Sellers and Buyers: Take Advantage of An Assumable FHA Mortgage

It doesn’t matter whether you are selling your house, or trying to buy a new one, you want to have an advantage. For sellers, you want something that sets your house apart from the rest on the market. For buyers, you want to be able to qualify for the mortgage you want and get the best deal possible. Wouldn’t it be awesome if there was something that could give sellers and buyers this advantage at the same time?

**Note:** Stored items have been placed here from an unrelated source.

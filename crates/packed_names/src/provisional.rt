//! Provisional designations, as `2024 EA1`.

ghost use Rattle.std.specs.Prelude.{◌≡◌};
ghost use Rattle.packed_names.specs.Ranges.{IsHalfMonth, limit_of};

use crate::half_month::HalfMonth;

/// A provisional designation: a half-month, and a place in the order in which that half-month's designations are
/// given.
#[derive(Clone, Copy, Debug, PartialEq, Eq, PartialOrd, Ord)]
pub struct Provisional {
    /// The half-month of the discovery.
    pub half: HalfMonth,
    /// 1 for the first designation of the half-month; at most `limit(half)`.
    pub order: u32,
}

/// How many designations the half-month has: 14,791,836 in the years 2000 to 2061, and 15,500 in the others.
///
/// This many have a packed form. The half-month is of a year from 1925 to 2099, with an index from 0 to 23.
pub fn limit(half: HalfMonth) -> u32
    requires { IsHalfMonth half }
    ensures { result ≡ limit_of half }
{
    if half.year >= 2000 && half.year <= 2061 {
        14_791_836
    } else {
        15_500
    }
}
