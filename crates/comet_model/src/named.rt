//! What the office has of a designation, and the objects that have comets' names.

ghost use Rattle.std.specs.Prelude.{◌≡◌, List};
ghost use Rattle.comet_model.specs.declared.named.NamedComet.{NamedComet};
ghost use Rattle.comet_model.specs.Comets.{count_in, comet_of};
ghost use Rattle.comet_model.specs.Refusals.{half_in, named_in};

use crate::naming::Naming;
use crate::reply::CometRefusal;
use comet_names::Comet;
use packed_names::{Designation, HalfMonth};

/// What the office has of a designation.
#[derive(Clone, Copy, Debug, PartialEq, Eq)]
pub enum Found {
    /// The office didn't give it.
    NotGiven,
    /// The office took it over from elsewhere: no observation of this office discovered the object.
    NoDiscovery,
    /// The observation by which the object was discovered is of this half-month.
    Discovered(HalfMonth),
}

/// An object that has the name of a comet.
#[derive(Clone, Copy, Debug, PartialEq, Eq)]
pub struct NamedComet {
    /// The designation that the name was given beside.
    pub object: Designation,
    /// The name.
    pub comet: Comet,
}

/// How many comets a half-month may have.
const MOST_COMETS: u32 = 99;

/// The half-month in which the object of a designation was discovered, of which the office has this.
///
/// # Errors
///
/// `UnknownThing` where the office didn't give the designation, and `NoDiscovery` where it took it over from elsewhere.
pub fn half_in(object: Designation, found: Found) -> Result<HalfMonth, CometRefusal>
    ensures { result ≡ half_in object found }
{
    match found {
        Found::NotGiven => Err(CometRefusal::UnknownThing(object)),
        Found::NoDiscovery => Err(CometRefusal::NoDiscovery(object)),
        Found::Discovered(half) => Ok(half),
    }
}

/// The name that an object gets that was discovered in this half-month, which has this many comets. The name that its
/// designation has already is None where it has none.
///
/// # Errors
///
/// `AlreadyComet` where the designation has a name, and `HalfMonthFull` where the half-month has 99 comets.
pub fn named_in(
    naming: Naming,
    half: HalfMonth,
    already: Option<Comet>,
    count: u64,
) -> Result<NamedComet, CometRefusal>
    ensures { (past : List NamedComet) → already ≡ comet_of naming.object past → count ≡ count_in half past →
        result ≡ named_in naming half past }
{
    if let Some(comet) = already {
        return Err(CometRefusal::AlreadyComet(comet));
    }
    if count >= u64::from(MOST_COMETS) {
        return Err(CometRefusal::HalfMonthFull {
            half,
            limit: MOST_COMETS,
        });
    }
    let comet = Comet {
        kind: naming.kind,
        half,
        number: count as u8 + 1,
    };
    Ok(NamedComet {
        object: naming.object,
        comet,
    })
}
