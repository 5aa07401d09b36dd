//! Laws of names. The contract of each function is the law, for all names and texts.

ghost use Rattle.std.specs.Prelude.{◌≡◌, ℕ, List};
ghost use Rattle.packed_names.specs.declared.name.Name.{Name};
ghost use Rattle.packed_names.specs.Packed.{IsPackedAs};
ghost use Rattle.packed_names.specs.Printed.{IsPrintedAs};
ghost use Rattle.packed_names.specs.Order.{designation_cmp};
ghost use Rattle.packed_names.specs.Laws.{NameLaws, OrderLaws};

use crate::name::Designation;
use std::cmp::Ordering;

/// Two names never share a packed form, and a name never has two.
pub fn packed_one_to_one()
    ensures one_name { (one other : Name) (text : List ℕ) → IsPackedAs one text → IsPackedAs other text → one ≡ other }
    ensures one_text { (name : Name) (one other : List ℕ) → IsPackedAs name one → IsPackedAs name other → one ≡ other }
{
    ascii_text::laws::texts();
}

/// Two names never share a printed form, and a name never has two.
pub fn printed_one_to_one()
    ensures one_name { (one other : Name) (text : List ℕ) → IsPrintedAs one text → IsPrintedAs other text
        → one ≡ other }
    ensures one_text { (name : Name) (one other : List ℕ) → IsPrintedAs name one → IsPrintedAs name other
        → one ≡ other }
{
    ascii_text::laws::texts();
}

/// A text is answered with a name exactly where it is the name's packed form, or its printed form.
pub fn names()
    ensures { NameLaws }
{
    ascii_text::laws::texts();
}

/// Half-months and designations that compare equal are the same, and the order of designations is total.
pub fn orders()
    ensures { OrderLaws }
{}

/// Designations compare in the order that is stated for them.
pub fn designations_in_order(one: Designation, other: Designation) -> Ordering
    ensures { result ≡ designation_cmp one other }
{
    one.cmp(&other)
}
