/// In every world from the empty register, whatever is lost, sent again or stopped at any moment, and however the
/// office's history grows meanwhile: the settled register is legal over the office's history as it is now, with the act
/// in doubt and without, and each number acts at most once. Each act whose 200 was received is acknowledged by the
/// register as it is now; sent again, it is answered alike and leaves the register. As a world goes on, what was
/// settled stays.
pub fn each_once()
    ensures legal { (founder : Key) (limit : Option ℕ) (history : List Entry) (events : List Event)
        (after : WorldState) → World founder limit (new_register history) events after →
        EitherWay (IsLegal founder (deeds after.history)) after.register }
    ensures once { (founder : Key) (limit : Option ℕ) (history : List Entry) (events : List Event)
        (after : WorldState) → World founder limit (new_register history) events after →
        EitherWay EachNumberOnce after.register }
    ensures acknowledged { (founder : Key) (limit : Option ℕ) (history : List Entry) (events : List Event)
        (after : WorldState) → World founder limit (new_register history) events after →
        AreStillAcknowledged (deeds after.history) after.register.settled after.received }
    ensures again { (founder : Key) (limit : Option ℕ) (history : List Entry) (events : List Event)
        (after : WorldState) → World founder limit (new_register history) events after →
        AreAnsweredAgain founder (deeds after.history) after.register.settled after.received }
    ensures grows { (founder : Key) (limit : Option ℕ) (before after : WorldState) (events : List Event) →
        World founder limit before events after → Extends before.register.settled after.register.settled }
{
    below();
}
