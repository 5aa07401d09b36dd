//! The letters from A on without I, which count half-months and orders.

ghost use Rattle.std.specs.Prelude.{◌≡◌, ◌<◌, ◌≤◌, IfSome, option_map};
ghost use Rattle.packed_names.specs.Letters.{letter_of, index_of, letter_at};

/// The letter of an index.
pub(crate) fn letter_of(index: u8) -> u8
    requires { index < 25 }
    ensures { result ≡ letter_of index }
{
    if index < 8 {
        b'A' + index
    } else {
        b'B' + index
    }
}

/// The index of a letter; `None` for I, and for what is no capital letter.
#[tactic(auto, unfolding(crate::specs::Letters::index_of))]
fn index_of(letter: u8) -> Option<u8>
    ensures { result ≡ index_of letter }
{
    match letter {
        b'A'..=b'H' => Some(letter - b'A'),
        b'J'..=b'Z' => Some(letter - b'B'),
        _ => None,
    }
}

/// The index of the letter at the front among the first `count`, and the text after it.
#[tactic(auto, unfolding(crate::specs::Letters::letter_at))]
pub(crate) fn letter_at(count: u8, text: &[u8]) -> Option<(u8, &[u8])>
    ensures value { option_map (λ x. (x.0, x.1.now)) result ≡ letter_at count text.now }
    ensures below { IfSome result (λ x. x.0 < count) }
{
    match text {
        [letter, rest @ ..] => {
            let index = index_of(*letter)?;
            if index < count {
                Some((index, rest))
            } else {
                None
            }
        }
        [] => None,
    }
}
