//! Lines of 80 columns with comets' names, and the same lines with the designations that the office knows.

ghost use Rattle.std.specs.Prelude.{◌≡◌, ◌<◌, ◌≤◌, ◌∷◌, ◌++◌, List, length, OnOk, IfOk, IfSome};
ghost use Rattle.std.specs.Prelude.{IfNone};
ghost use Rattle.std.specs.Str.Lines.{strip_carriage_return};
ghost use Rattle.comet_model.specs.declared.named.NamedComet.{NamedComet};
ghost use Rattle.comet_model.specs.Translation.{object_named, object_in, translated_line, translated_part};
ghost use Rattle.comet_model.specs.Translation.{translation};

use act_model::push_packed;
use ascii_text::blanks::are_blanks;
use item_list::{Bytes, NoMemory};
use packed_names::Designation;
use std::alloc::Global;
use text_lines::cutting::cut;

/// A register that is asked for the objects of comets.
pub trait CometNames {
    /// The comets of the register, the newest first.
    ghost comets: { Self → List NamedComet };

    /// The object that has this packed name, eight characters. None exactly where no comet of the register has it.
    fn object_named(&self, name: &[u8]) -> Option<Designation>
        ensures { result ≡ object_named (comets self.now) name.now };
}

/// The object whose comet a line names, in a line of 80 bytes of which columns 1 to 4 are blank.
#[tactic(auto, unfolding(crate::specs::Translation::object_in))]
fn object_in<N: CometNames>(names: &N, line: &[u8]) -> Option<Designation>
    ensures object { result ≡ object_in (N.comets names.now) line.now }
    ensures long { IfSome result (λ d. length line.now ≡ 80) }
{
    if line.len() == 80 && are_blanks(&line[..4]) {
        names.object_named(&line[4..12])
    } else {
        None
    }
}

/// Writes a line with the object's designation in the place of the comet's name, or as it is where it names none.
#[tactic(auto, unfolding(crate::specs::Translation::translated_line))]
fn push_line<N: CometNames>(names: &N, out: &mut Bytes, line: &[u8]) -> Result<(), NoMemory>
    ensures { OnOk result (out.new ≡ out.old ++ translated_line (N.comets names.now) line.now) }
{
    match object_in(names, line) {
        Some(d) => {
            out.extend_from_slice(&line[..4])?;
            out.push(b' ')?;
            push_packed(out, d)?;
            out.extend_from_slice(&line[12..])
        }
        None => out.extend_from_slice(line),
    }
}

/// The line without the carriage return at its end.
fn without_return(line: &[u8]) -> &[u8]
    ensures line { result.now ≡ strip_carriage_return line.now }
    ensures shorter { length result.now ≤ length line.now }
{
    match line {
        [front @ .., b'\r'] => front,
        _ => line,
    }
}

/// Writes what stands before a line feed: a line, and the carriage return at its end where there is one.
fn push_part<N: CometNames>(names: &N, out: &mut Bytes, part: &[u8]) -> Result<(), NoMemory>
    ensures { OnOk result (out.new ≡ out.old ++ translated_part (N.comets names.now) part.now) }
{
    let line = without_return(part);
    push_line(names, out, line)?;
    out.extend_from_slice(&part[line.len()..])
}

/// What stands before the first line feed of a text, and the text after that; none where no line feed stands in it.
fn next_part(text: &[u8]) -> Option<(&[u8], &[u8])>
    ensures part { IfSome result (λ x. (comets : List NamedComet) → translation comets text.now
        ≡ translated_part comets x.0.now ++ 10 ∷ translation comets x.1.now) }
    ensures shorter { IfSome result (λ x. length x.1.now < length text.now) }
    ensures last { IfNone result ((comets : List NamedComet) → translation comets text.now
        ≡ translated_line comets text.now) }
{
    let (part, after) = cut(b'\n', text);
    match after {
        None => None,
        Some(after) => Some((part, after)),
    }
}

/// The batch in which the objects' designations stand in the place of the comets' names: in each line of 80 bytes of
/// which columns 1 to 4 are blank and columns 5 to 12 are the packed name of a comet of the register, column 5 is blank
/// and columns 6 to 12 are the packed designation. Every other byte stays, those of line ends too.
///
/// # Errors
///
/// Memory was refused.
pub fn translate<N: CometNames>(alloc: Global, names: &N, body: &[u8]) -> Result<Bytes, NoMemory>
    ensures { IfOk result (λ text. text ≡ translation (N.comets names.now) body.now) }
{
    let mut out = Bytes::with_capacity(alloc, body.len())?;
    let mut left = body;
    'parts: while let Some((part, after)) = next_part(left) {
        push_part(names, &mut out, part)?;
        out.push(b'\n')?;
        left = after;
    }
    push_line(names, &mut out, left)?;
    Ok(out)
}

Surprisingly enough, the FHA mortgage might just be this golden goose. FHA mortgages are assumable, which means that a qualified buyer can take over, or assume, the mortgage currently held by the seller. Why would you want to assume someone else’s mortgage? Because when you assume the seller’s FHA mortgage, you assume their interest rate. Let’s talk about how the assumable FHA mortgage creates an advantage for both sellers and buyers.

Advantage for Sellers

As a seller with a current low-interest FHA mortgage, you have a secret weapon. As buyers are looking to purchase properties, they’ll need to qualify for a new loan. As interest rates rise (like they have been), the actual monthly cost of a mortgage payment increases as well. A house with the same purchase price is immediately more expensive.

If you’re able to advertise that your home comes with a mortgage at a lower interest rate than what is currently available on the market, you’re putting money in the buyer’s pocket without taking any money out of your own. More importantly, you’re giving yourself an immediate edge over your neighbors selling their homes. If two homes are the same price, yet your home costs a buyer $100 less per month due to your lower interest rate, you win. Your house sells while your neighbor’s does not.

Advantage for Buyers

Buying a house can be stressful. You want the best house for the money you can spend. You want the lowest interest rate possible because this affects your monthly payment for (potentially) 30 years. To make things more complicated, interest rates change daily. What was 4.5 percent one day is now 4.75 percent the next.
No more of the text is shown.